◆ Assignment ◆
Using the records below, give again exactly the lines from the line that contains "use std::process::ExitCode;" through the line that contains "fn words_of(rt: &HostRuntime)", both ends included, and only those.

◆ Data excerpts ◆
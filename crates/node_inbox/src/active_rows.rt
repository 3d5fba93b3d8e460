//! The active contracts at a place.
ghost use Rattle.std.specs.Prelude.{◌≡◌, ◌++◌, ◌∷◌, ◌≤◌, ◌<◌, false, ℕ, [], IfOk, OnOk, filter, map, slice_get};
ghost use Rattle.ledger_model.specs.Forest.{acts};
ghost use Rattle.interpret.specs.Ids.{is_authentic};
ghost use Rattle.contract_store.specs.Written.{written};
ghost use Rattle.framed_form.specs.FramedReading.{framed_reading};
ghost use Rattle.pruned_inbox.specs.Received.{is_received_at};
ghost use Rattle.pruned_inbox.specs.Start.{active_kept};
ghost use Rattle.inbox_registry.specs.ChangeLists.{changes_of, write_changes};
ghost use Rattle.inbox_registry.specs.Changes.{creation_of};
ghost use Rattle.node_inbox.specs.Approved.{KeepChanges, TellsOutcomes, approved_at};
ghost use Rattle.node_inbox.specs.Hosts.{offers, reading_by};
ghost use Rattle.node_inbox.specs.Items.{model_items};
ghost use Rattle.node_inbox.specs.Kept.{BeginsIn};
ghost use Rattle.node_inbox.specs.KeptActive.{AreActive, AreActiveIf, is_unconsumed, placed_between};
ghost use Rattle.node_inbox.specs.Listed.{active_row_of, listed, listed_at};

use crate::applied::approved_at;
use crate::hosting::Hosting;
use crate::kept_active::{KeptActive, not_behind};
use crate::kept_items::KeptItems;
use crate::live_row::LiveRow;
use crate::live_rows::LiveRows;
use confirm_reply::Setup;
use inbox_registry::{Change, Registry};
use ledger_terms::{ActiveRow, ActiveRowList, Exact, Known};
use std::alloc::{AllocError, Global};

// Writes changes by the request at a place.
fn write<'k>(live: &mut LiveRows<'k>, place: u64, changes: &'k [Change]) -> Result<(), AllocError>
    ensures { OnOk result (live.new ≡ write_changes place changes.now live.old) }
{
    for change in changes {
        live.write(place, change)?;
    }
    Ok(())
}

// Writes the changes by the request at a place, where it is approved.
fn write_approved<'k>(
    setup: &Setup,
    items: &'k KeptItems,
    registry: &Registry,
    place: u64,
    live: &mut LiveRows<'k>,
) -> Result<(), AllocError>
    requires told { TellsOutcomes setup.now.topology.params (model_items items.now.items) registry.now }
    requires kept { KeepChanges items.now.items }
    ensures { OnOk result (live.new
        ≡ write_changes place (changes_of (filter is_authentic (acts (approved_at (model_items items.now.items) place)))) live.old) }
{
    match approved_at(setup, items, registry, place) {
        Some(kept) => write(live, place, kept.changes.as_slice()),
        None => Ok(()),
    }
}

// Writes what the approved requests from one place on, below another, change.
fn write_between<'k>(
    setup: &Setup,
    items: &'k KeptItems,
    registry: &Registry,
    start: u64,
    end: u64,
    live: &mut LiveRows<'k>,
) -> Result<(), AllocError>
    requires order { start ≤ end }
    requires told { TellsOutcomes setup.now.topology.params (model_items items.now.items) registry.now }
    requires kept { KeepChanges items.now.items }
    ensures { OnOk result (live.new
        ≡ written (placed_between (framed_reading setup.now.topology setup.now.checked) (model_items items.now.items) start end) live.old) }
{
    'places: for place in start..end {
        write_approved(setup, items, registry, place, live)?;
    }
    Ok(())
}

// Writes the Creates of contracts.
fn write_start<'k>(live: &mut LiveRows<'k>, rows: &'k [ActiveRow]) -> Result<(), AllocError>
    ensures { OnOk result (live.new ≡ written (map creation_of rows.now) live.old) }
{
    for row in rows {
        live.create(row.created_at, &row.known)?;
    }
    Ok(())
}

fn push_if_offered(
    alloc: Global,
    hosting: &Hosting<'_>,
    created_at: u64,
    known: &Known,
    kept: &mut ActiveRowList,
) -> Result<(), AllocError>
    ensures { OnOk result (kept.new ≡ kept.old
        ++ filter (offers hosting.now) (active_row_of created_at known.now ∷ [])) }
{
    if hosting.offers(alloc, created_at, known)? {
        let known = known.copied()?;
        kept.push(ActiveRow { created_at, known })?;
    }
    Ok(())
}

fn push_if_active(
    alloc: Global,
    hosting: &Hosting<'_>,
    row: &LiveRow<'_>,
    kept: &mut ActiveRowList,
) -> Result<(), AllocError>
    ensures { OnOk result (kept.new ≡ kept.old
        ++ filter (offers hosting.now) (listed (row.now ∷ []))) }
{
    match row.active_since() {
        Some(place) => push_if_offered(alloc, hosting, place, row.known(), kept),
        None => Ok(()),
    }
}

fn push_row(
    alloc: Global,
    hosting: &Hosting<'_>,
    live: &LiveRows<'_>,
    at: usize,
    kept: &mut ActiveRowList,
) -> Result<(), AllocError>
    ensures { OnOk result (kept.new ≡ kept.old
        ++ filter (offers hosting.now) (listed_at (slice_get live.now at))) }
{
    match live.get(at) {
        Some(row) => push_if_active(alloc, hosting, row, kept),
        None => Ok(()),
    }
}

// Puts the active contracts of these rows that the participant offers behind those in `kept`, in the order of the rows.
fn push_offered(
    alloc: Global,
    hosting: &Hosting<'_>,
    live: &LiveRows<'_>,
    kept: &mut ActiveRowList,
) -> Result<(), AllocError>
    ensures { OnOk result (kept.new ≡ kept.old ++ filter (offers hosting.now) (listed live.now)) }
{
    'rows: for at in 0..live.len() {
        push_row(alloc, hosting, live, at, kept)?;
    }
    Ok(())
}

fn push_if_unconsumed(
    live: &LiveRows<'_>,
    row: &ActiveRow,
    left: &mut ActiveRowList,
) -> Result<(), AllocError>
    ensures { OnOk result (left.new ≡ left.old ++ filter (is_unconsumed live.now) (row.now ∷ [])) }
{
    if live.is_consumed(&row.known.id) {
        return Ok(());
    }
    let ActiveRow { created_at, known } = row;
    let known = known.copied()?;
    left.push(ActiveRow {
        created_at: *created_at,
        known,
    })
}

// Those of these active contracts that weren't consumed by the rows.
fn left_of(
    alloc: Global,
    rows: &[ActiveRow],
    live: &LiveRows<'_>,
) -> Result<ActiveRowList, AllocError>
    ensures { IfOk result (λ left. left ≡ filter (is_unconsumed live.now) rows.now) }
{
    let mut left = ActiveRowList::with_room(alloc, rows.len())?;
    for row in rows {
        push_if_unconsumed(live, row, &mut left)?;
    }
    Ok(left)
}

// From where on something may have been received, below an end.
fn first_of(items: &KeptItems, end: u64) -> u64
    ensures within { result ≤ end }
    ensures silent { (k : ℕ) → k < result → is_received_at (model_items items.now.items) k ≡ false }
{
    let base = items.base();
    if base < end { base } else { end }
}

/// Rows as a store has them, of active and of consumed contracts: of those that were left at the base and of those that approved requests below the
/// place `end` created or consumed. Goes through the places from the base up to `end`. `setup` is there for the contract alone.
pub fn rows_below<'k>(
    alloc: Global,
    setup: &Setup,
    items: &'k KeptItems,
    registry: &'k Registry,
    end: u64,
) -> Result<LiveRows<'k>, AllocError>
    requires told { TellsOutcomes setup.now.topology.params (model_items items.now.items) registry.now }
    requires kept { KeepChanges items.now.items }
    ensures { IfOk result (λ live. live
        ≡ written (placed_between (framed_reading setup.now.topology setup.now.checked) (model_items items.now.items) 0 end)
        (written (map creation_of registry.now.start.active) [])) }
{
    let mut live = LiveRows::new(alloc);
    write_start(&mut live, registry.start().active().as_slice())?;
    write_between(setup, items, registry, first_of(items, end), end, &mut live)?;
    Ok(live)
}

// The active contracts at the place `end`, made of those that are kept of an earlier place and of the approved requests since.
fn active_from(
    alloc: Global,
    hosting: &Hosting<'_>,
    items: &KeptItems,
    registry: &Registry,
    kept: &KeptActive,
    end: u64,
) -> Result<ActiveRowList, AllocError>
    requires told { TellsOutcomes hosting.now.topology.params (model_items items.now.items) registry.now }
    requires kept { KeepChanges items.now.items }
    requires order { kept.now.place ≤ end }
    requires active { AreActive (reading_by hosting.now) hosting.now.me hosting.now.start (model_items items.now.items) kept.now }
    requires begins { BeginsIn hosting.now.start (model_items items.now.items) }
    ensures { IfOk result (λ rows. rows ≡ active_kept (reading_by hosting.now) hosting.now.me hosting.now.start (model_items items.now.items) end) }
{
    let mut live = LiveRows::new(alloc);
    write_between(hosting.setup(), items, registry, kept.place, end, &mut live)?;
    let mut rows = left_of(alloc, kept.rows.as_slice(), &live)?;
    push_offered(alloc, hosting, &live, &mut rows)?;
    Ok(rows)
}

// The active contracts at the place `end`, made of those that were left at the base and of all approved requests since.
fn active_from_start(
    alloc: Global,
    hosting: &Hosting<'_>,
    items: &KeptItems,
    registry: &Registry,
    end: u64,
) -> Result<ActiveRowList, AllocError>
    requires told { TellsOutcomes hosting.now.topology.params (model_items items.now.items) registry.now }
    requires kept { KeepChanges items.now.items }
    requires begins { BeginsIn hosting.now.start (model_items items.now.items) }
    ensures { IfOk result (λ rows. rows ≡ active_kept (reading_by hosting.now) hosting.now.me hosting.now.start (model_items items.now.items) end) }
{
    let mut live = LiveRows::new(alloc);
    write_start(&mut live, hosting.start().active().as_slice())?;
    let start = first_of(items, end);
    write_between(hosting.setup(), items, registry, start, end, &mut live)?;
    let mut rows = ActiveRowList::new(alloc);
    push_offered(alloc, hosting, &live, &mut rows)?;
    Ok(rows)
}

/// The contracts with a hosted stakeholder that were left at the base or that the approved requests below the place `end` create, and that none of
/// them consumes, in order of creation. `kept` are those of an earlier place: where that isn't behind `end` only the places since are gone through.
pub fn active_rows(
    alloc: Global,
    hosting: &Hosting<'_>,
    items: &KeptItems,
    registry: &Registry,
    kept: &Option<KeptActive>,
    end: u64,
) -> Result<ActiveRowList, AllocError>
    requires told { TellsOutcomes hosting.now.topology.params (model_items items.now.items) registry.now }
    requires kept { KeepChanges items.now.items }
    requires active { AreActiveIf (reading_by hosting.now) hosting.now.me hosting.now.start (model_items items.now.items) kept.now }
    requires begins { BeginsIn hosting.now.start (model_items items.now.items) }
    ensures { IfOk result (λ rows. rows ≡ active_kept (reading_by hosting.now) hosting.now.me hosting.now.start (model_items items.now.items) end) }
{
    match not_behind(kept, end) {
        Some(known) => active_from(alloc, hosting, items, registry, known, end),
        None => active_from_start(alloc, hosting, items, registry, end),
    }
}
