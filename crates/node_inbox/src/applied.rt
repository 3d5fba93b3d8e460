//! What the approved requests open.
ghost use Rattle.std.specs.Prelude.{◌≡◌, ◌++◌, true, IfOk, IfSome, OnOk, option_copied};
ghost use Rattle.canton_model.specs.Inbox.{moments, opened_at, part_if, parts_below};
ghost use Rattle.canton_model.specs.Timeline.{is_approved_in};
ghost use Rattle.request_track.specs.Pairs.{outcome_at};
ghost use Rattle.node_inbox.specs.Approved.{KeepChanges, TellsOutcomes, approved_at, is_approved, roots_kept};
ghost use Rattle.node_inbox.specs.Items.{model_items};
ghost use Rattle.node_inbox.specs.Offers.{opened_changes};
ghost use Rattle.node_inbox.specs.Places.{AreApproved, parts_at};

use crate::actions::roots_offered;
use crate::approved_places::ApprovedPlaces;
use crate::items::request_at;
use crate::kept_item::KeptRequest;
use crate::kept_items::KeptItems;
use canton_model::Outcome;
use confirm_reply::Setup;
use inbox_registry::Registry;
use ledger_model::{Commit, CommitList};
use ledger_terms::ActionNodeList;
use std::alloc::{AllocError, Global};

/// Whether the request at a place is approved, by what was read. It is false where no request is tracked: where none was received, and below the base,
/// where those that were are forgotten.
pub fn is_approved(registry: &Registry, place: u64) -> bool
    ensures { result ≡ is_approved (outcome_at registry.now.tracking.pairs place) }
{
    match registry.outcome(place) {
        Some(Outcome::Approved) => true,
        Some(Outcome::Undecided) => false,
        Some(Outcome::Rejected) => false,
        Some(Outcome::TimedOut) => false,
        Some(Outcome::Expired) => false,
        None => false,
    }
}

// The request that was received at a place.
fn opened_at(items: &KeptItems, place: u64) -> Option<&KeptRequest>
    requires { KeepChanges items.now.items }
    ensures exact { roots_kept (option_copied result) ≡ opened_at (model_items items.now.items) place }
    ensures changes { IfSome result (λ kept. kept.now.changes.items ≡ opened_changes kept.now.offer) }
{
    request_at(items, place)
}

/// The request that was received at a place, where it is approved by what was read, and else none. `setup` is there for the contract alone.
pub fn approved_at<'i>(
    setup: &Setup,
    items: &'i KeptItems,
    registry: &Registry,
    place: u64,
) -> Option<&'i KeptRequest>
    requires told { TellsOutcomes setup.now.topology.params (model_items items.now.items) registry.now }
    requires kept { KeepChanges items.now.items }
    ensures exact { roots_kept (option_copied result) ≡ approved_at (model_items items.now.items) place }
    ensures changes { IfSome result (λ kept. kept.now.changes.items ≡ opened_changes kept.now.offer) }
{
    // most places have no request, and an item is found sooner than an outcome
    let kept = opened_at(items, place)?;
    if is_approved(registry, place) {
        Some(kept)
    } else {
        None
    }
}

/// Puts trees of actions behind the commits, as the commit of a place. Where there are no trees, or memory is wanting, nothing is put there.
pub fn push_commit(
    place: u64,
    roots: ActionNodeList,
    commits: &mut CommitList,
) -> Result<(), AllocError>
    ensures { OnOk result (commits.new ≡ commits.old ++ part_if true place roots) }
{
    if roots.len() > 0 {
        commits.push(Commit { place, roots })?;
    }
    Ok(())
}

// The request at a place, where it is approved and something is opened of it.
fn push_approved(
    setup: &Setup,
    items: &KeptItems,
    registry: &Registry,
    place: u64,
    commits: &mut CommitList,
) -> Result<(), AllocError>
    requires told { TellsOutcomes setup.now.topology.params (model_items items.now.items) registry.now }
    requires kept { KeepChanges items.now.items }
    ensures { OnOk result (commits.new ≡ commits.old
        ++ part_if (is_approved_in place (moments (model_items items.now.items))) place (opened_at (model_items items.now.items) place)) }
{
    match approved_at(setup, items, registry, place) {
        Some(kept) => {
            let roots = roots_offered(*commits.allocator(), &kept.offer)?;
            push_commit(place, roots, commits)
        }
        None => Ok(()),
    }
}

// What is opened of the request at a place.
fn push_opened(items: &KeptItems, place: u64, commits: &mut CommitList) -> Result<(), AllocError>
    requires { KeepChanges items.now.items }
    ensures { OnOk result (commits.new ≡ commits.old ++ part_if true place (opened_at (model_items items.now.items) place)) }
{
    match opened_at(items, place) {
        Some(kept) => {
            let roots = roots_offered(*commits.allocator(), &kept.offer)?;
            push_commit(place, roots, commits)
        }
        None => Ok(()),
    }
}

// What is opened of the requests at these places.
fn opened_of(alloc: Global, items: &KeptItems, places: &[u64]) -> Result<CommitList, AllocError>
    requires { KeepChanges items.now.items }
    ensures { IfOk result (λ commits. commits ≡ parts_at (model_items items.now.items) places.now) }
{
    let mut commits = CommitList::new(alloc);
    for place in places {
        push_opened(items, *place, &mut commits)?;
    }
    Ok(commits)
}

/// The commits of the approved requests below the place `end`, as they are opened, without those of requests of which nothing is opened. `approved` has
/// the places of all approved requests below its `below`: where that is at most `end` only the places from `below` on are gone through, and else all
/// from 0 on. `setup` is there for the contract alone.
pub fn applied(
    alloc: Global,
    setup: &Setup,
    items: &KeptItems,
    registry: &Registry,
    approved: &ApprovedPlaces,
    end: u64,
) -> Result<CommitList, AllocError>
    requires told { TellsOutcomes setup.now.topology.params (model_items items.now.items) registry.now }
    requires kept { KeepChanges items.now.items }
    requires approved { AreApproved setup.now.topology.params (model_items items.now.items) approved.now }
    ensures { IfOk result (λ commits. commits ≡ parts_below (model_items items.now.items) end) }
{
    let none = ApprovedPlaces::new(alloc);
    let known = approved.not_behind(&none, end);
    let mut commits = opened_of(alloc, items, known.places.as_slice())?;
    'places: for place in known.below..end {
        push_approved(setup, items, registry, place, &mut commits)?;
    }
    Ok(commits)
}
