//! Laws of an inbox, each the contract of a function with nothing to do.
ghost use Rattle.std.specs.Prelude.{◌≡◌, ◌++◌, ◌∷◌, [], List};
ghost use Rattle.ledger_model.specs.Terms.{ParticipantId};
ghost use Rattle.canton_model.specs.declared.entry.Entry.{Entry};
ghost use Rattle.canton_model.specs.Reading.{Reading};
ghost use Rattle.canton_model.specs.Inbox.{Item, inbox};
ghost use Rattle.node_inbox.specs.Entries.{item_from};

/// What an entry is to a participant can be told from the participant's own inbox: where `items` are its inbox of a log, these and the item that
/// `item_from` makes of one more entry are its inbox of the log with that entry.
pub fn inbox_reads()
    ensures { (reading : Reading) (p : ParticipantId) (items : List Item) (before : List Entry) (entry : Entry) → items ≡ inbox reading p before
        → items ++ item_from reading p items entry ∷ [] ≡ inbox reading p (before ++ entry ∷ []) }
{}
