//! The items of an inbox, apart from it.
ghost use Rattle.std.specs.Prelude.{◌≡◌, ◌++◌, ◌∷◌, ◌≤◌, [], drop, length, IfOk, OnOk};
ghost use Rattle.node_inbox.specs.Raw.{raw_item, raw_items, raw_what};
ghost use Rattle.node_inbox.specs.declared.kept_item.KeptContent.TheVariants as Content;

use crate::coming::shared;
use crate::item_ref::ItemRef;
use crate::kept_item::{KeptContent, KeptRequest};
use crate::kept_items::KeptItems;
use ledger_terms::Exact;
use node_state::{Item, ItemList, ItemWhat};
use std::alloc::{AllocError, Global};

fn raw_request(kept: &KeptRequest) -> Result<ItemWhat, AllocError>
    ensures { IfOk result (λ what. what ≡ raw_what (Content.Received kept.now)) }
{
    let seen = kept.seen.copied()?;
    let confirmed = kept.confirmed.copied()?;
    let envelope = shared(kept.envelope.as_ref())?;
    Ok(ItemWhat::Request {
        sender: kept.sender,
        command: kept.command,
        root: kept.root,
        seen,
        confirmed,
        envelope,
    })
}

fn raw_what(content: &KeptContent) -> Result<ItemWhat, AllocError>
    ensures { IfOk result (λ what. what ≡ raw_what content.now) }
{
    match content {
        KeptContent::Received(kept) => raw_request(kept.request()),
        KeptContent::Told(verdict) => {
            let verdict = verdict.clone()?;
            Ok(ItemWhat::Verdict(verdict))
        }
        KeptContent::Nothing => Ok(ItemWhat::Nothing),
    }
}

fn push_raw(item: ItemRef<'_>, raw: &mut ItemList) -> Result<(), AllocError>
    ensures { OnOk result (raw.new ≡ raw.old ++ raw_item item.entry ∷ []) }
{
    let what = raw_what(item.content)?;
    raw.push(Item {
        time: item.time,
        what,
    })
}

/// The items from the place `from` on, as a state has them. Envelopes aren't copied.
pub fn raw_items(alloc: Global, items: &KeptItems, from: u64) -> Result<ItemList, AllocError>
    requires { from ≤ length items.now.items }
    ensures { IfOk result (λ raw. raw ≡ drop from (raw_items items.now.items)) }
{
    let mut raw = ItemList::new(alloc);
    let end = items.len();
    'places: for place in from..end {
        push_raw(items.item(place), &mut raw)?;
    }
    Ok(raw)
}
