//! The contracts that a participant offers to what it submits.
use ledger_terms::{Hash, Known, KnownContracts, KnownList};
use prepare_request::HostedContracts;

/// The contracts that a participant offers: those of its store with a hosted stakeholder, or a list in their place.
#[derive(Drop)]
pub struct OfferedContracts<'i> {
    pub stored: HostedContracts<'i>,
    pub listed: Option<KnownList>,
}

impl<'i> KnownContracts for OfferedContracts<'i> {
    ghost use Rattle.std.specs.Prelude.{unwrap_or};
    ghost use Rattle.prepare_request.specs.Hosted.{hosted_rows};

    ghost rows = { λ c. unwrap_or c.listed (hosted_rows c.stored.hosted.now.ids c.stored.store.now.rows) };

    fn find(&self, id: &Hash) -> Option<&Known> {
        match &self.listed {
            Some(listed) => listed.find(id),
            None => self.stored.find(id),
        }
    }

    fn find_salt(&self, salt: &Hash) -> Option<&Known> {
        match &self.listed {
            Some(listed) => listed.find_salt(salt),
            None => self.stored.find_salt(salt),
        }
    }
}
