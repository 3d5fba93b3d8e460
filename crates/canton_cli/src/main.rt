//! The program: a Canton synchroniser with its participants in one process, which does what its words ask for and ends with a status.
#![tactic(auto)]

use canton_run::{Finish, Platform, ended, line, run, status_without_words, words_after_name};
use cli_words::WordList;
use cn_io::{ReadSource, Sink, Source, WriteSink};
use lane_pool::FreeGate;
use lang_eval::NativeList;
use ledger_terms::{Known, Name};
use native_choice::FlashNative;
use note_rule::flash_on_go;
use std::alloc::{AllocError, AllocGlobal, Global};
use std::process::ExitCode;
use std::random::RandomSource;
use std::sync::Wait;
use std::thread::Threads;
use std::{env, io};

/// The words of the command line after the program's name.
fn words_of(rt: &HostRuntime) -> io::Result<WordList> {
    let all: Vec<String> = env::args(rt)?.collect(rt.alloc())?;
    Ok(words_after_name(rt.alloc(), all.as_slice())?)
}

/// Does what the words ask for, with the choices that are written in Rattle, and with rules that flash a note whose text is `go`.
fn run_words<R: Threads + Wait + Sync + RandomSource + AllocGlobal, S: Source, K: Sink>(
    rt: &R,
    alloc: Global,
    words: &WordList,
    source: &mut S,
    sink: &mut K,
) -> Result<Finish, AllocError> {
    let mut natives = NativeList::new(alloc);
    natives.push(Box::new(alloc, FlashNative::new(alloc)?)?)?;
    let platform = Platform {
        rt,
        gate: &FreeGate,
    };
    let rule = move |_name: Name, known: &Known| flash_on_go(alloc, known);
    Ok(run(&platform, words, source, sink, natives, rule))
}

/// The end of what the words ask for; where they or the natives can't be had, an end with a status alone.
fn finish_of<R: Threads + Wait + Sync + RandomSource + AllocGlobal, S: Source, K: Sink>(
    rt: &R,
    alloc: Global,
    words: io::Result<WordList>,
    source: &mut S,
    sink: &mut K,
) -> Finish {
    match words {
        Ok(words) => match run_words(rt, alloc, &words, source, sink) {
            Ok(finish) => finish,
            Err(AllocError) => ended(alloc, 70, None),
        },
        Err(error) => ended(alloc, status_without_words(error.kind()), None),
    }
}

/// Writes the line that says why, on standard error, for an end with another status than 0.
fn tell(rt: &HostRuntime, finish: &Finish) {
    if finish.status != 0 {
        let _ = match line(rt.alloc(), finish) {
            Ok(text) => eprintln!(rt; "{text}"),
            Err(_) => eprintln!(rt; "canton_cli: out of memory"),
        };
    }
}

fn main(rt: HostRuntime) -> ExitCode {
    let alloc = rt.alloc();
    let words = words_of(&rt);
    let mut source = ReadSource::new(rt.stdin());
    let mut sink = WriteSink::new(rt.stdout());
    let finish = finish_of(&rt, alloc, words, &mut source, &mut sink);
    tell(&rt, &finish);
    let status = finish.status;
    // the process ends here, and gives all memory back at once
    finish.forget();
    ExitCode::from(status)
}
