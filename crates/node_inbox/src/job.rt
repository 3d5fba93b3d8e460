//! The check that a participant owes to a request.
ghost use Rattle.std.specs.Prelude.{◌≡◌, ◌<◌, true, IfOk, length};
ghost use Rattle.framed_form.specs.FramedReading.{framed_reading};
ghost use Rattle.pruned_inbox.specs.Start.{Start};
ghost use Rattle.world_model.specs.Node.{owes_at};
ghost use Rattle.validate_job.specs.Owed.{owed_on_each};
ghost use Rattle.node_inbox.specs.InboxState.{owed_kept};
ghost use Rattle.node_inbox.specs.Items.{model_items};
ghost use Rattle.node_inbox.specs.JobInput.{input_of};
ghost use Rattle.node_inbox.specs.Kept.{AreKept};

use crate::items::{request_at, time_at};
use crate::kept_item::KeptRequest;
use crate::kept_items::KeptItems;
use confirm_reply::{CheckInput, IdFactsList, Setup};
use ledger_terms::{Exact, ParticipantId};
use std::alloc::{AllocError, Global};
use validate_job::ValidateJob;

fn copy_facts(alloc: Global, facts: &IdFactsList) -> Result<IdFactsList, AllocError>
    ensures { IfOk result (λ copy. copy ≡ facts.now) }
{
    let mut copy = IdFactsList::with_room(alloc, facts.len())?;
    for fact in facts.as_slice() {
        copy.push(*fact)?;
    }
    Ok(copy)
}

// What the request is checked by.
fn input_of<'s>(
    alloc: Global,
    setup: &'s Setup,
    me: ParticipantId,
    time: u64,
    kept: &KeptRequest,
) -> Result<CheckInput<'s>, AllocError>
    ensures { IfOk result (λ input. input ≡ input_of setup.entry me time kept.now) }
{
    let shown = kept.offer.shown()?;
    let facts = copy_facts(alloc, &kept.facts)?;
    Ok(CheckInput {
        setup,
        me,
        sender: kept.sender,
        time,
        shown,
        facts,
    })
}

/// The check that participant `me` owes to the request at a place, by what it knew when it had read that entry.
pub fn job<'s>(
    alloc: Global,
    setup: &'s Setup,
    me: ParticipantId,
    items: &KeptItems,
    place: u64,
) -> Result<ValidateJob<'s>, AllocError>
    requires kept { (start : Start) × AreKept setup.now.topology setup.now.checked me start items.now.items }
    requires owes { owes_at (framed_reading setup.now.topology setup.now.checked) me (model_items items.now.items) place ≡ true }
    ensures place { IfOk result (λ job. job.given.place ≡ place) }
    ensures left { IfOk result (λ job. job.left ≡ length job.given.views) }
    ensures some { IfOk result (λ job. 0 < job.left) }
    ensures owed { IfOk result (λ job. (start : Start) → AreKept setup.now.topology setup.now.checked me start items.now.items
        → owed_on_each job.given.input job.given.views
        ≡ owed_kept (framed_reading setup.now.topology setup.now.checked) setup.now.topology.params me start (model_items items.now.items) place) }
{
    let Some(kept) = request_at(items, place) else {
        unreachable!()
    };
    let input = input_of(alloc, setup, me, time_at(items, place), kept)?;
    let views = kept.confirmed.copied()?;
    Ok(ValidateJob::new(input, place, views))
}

◆ Answer to the problem ◆
use std::process::ExitCode;
use std::random::RandomSource;
use std::sync::Wait;
use std::thread::Threads;
use std::{env, io};

/// The words of the command line after the program's name.
fn words_of(rt: &HostRuntime) -> io::Result<WordList> {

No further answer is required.